## EXERCISE AIM
Those lines of the records that contain "which" are to be located and copied.

## PROVIDED INFORMATION
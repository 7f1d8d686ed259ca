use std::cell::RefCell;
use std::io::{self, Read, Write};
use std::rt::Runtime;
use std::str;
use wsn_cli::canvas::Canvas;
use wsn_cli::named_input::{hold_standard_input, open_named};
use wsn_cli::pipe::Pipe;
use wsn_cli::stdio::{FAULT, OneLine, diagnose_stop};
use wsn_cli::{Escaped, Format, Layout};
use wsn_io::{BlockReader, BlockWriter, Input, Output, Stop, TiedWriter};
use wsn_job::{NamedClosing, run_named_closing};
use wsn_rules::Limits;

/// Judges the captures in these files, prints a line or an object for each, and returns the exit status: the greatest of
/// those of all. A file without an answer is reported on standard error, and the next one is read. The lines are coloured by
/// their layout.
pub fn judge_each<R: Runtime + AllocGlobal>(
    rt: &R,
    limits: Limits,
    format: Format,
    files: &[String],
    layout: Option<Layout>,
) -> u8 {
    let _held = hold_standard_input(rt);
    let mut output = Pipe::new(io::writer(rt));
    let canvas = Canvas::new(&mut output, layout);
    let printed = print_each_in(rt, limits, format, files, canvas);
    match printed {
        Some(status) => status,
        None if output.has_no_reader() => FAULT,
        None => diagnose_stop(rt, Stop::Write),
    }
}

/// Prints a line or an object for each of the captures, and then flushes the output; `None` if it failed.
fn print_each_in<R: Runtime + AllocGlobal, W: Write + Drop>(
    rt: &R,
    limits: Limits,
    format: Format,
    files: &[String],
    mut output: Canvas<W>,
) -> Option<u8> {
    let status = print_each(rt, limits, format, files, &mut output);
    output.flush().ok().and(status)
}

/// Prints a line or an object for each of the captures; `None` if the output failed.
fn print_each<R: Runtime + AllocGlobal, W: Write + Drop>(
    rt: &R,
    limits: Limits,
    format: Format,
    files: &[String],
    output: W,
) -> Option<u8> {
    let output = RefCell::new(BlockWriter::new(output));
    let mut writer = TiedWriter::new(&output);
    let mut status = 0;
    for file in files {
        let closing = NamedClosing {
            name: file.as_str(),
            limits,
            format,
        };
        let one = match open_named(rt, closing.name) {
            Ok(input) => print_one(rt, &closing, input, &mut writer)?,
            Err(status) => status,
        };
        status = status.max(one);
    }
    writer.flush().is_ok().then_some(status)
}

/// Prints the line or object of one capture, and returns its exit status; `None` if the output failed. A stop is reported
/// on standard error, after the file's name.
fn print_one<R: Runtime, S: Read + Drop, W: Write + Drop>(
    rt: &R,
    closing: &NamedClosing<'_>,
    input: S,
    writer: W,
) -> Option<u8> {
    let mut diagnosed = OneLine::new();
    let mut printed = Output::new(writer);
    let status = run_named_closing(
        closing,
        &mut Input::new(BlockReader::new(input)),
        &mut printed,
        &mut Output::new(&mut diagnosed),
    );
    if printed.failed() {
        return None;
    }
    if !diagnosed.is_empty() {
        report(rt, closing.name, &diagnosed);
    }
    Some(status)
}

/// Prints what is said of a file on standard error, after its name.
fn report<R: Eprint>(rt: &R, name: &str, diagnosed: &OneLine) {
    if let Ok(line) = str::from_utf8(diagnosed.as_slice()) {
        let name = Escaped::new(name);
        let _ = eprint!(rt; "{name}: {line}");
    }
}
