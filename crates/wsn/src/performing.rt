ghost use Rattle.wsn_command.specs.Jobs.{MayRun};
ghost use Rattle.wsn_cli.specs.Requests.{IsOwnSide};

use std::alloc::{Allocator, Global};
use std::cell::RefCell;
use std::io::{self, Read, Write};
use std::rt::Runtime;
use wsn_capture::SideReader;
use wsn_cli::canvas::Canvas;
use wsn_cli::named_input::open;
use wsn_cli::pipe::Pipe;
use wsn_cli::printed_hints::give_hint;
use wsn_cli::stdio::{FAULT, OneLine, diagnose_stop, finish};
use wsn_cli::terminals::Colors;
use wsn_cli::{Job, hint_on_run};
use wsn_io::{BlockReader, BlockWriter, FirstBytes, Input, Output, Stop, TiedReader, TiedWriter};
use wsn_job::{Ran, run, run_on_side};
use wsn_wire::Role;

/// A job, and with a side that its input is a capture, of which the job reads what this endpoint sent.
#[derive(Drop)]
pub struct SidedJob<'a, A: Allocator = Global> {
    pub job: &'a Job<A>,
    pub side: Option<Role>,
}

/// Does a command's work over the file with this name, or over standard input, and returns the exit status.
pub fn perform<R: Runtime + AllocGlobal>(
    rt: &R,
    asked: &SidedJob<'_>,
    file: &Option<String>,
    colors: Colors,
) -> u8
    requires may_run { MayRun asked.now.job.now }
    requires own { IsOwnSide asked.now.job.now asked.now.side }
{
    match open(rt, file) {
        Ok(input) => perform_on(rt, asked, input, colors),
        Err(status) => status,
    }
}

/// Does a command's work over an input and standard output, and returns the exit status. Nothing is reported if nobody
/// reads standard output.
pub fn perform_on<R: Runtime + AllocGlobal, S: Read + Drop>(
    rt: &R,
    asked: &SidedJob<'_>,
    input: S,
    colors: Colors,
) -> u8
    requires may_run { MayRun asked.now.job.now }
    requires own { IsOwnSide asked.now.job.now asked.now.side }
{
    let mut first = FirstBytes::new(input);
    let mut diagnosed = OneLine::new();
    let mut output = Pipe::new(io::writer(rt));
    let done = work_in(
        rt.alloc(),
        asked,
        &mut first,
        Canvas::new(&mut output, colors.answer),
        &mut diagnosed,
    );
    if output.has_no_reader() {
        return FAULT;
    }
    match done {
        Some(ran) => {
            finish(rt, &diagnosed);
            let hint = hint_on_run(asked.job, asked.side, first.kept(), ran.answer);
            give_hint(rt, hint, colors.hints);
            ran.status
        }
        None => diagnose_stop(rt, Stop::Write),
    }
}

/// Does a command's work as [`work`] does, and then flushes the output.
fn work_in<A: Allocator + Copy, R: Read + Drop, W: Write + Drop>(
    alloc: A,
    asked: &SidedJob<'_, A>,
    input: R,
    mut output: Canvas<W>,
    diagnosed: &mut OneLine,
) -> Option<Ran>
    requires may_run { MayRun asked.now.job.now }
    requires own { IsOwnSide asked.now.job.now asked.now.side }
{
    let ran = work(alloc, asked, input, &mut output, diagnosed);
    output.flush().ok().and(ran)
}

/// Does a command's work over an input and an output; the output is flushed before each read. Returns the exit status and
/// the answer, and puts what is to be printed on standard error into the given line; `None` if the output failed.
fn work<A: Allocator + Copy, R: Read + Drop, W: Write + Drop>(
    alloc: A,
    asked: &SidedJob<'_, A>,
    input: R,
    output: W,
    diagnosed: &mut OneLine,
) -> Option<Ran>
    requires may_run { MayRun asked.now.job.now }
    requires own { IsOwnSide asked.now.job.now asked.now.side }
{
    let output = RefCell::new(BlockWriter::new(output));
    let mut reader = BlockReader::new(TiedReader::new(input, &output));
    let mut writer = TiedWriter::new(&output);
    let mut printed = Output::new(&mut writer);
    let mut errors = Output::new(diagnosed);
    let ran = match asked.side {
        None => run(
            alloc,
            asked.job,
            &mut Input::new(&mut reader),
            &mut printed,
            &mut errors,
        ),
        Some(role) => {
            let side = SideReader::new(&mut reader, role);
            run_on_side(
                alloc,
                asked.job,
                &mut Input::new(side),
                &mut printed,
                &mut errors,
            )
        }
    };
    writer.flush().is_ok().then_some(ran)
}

* * *

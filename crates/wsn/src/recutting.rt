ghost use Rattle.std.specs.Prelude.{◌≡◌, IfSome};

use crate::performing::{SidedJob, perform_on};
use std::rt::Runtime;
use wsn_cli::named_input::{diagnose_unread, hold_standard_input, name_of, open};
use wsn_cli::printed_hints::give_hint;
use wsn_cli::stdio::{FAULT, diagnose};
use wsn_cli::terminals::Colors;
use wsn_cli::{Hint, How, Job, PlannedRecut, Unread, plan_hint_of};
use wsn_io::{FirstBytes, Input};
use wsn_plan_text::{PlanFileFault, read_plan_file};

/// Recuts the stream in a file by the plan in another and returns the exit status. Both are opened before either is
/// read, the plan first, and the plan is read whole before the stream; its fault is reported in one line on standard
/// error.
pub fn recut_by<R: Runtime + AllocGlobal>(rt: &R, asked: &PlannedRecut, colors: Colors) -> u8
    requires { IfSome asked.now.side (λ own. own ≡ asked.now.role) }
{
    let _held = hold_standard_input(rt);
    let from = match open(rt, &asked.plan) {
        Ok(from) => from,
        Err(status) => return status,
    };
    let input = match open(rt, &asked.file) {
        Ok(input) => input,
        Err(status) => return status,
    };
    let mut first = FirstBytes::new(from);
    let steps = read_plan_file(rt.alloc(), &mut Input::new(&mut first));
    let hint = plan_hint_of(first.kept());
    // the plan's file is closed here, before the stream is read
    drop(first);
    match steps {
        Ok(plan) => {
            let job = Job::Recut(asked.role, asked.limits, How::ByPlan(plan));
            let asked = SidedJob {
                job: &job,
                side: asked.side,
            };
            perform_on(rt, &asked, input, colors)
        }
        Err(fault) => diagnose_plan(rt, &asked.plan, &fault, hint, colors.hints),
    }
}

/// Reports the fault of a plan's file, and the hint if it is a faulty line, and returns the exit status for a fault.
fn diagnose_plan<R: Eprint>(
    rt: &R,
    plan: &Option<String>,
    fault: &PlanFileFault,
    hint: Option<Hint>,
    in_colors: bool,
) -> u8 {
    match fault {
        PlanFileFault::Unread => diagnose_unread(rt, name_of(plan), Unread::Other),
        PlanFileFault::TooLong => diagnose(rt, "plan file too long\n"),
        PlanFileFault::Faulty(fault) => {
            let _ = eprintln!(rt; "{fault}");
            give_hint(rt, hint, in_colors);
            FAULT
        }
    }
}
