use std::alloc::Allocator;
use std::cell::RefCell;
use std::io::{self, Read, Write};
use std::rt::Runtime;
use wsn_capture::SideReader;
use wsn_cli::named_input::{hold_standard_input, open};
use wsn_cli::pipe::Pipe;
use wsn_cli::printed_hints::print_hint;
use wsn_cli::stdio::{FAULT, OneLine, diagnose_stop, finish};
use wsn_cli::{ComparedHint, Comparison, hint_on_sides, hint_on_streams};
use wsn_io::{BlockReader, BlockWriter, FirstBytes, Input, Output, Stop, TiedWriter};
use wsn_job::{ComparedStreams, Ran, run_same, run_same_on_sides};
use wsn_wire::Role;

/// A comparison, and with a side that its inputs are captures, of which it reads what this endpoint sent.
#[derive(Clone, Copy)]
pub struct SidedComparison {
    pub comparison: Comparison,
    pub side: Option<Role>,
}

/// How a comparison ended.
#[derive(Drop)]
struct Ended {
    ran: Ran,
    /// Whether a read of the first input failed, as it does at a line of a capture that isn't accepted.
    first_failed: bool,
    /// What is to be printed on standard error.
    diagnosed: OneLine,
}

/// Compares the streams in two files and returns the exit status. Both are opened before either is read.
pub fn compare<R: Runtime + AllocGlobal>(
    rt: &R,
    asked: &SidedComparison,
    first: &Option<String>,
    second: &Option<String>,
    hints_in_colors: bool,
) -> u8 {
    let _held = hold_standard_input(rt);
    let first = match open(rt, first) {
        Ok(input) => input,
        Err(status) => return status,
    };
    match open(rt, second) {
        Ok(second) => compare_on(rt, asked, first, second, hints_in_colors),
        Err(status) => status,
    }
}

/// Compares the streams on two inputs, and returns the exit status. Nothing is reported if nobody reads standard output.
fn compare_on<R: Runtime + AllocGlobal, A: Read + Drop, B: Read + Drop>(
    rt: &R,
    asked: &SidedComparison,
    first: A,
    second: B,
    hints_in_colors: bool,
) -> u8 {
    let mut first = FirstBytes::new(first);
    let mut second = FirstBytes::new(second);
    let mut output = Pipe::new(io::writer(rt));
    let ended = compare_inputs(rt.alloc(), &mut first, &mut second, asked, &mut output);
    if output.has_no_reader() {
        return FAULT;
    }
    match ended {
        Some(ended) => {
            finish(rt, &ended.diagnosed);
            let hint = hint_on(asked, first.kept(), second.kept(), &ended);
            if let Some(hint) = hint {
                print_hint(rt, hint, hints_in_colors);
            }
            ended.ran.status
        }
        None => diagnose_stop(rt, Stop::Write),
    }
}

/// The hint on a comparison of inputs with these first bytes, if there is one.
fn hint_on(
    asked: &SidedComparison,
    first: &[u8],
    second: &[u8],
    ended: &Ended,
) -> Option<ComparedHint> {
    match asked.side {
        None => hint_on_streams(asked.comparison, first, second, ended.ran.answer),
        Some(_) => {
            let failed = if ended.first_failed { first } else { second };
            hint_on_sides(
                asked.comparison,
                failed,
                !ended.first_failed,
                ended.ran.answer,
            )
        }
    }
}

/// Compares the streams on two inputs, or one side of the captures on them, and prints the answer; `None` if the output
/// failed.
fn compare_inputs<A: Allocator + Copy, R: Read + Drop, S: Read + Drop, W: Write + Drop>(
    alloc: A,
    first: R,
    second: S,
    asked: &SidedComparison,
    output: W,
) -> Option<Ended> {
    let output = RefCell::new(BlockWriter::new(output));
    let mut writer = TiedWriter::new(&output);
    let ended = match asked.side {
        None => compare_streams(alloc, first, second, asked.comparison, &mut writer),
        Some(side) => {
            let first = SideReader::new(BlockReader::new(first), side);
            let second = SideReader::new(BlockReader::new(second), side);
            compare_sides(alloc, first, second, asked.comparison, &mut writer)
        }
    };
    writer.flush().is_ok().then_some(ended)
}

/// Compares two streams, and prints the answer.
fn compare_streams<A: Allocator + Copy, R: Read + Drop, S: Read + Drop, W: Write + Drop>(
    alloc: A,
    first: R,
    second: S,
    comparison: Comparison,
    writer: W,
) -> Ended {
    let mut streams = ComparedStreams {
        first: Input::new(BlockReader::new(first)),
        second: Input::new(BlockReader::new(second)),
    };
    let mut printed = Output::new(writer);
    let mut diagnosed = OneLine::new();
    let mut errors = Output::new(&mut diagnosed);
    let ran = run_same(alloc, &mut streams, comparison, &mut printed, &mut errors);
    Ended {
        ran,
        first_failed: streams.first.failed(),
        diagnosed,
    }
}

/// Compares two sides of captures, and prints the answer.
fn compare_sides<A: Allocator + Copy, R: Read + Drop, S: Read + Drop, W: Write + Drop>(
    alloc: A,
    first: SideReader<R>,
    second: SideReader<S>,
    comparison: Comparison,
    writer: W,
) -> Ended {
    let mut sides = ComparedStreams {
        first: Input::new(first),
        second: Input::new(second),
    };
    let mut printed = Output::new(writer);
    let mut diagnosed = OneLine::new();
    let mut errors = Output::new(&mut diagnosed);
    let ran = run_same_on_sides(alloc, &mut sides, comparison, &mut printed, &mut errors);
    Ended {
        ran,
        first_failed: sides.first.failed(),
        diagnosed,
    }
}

...

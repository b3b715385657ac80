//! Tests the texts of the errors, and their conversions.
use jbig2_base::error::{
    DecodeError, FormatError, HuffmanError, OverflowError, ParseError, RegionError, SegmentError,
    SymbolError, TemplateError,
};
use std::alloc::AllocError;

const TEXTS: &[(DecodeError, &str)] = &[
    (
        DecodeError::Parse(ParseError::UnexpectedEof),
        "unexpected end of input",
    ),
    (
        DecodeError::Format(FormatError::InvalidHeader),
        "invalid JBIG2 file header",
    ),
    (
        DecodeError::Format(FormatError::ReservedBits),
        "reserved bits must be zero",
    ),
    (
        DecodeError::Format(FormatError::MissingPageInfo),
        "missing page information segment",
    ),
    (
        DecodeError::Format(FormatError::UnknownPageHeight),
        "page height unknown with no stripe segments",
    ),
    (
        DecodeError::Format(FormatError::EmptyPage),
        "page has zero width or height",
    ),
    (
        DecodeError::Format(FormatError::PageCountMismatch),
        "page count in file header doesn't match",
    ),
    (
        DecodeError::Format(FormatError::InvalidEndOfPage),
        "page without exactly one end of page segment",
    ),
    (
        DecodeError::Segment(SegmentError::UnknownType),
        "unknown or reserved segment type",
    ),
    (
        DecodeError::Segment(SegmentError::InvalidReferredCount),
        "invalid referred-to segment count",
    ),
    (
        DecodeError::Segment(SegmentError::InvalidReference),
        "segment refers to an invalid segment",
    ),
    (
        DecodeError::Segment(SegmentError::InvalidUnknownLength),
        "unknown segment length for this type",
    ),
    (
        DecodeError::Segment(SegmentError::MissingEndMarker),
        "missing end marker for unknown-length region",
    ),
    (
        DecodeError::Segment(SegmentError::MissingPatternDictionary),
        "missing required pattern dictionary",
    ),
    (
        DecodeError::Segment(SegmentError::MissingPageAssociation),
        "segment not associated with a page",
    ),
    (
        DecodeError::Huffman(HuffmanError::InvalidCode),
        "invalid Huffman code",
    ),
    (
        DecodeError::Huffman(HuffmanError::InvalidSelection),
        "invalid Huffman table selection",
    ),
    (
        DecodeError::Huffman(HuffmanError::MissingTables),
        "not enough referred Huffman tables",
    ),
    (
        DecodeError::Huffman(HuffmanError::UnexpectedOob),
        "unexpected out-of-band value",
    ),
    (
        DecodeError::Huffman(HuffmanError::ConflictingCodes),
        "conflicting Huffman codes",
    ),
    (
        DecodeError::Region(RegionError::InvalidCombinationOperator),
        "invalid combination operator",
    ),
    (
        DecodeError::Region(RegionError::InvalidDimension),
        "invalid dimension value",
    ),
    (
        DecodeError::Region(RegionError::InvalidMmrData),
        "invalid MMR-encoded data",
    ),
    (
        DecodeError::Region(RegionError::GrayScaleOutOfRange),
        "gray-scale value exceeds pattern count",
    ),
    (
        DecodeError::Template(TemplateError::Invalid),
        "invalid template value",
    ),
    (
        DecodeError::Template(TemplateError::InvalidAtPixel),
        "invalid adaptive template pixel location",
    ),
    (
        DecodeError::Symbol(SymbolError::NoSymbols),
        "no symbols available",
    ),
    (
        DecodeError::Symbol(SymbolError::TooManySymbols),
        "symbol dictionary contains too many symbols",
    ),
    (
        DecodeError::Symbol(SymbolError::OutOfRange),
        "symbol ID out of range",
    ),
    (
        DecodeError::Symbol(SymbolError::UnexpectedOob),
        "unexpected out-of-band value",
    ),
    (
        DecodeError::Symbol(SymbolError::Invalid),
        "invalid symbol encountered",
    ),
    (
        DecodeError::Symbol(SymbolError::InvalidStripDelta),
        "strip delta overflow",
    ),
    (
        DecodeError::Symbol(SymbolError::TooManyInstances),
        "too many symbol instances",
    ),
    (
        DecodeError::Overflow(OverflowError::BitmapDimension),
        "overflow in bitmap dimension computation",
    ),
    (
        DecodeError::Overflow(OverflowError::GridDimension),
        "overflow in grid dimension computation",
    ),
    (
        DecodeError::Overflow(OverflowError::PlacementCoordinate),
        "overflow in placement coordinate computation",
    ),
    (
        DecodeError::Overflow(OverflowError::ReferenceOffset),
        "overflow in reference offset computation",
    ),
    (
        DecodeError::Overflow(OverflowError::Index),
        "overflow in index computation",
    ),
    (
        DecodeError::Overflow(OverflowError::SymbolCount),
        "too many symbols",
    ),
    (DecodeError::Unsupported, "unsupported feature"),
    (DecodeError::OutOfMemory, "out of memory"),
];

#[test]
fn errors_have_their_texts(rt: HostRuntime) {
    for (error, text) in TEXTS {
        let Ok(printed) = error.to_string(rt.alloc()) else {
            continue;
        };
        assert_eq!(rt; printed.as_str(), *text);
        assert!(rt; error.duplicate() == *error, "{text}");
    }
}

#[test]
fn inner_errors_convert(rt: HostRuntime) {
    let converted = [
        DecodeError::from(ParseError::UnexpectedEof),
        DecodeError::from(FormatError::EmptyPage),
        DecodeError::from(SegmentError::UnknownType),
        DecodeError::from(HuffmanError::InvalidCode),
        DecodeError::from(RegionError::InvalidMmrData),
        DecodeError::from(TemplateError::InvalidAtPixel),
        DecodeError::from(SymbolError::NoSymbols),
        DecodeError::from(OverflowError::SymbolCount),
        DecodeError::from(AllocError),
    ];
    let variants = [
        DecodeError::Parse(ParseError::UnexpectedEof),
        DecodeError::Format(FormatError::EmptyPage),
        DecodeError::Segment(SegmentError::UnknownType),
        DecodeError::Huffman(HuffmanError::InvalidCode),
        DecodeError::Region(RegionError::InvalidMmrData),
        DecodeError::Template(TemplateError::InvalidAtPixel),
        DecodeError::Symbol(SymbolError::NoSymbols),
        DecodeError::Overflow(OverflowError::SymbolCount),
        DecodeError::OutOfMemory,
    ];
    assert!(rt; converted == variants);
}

## ANSWER AREA
/// A job, and with a side that its input is a capture, of which the job reads what this endpoint sent.
/// A comparison, and with a side that its inputs are captures, of which it reads what this endpoint sent.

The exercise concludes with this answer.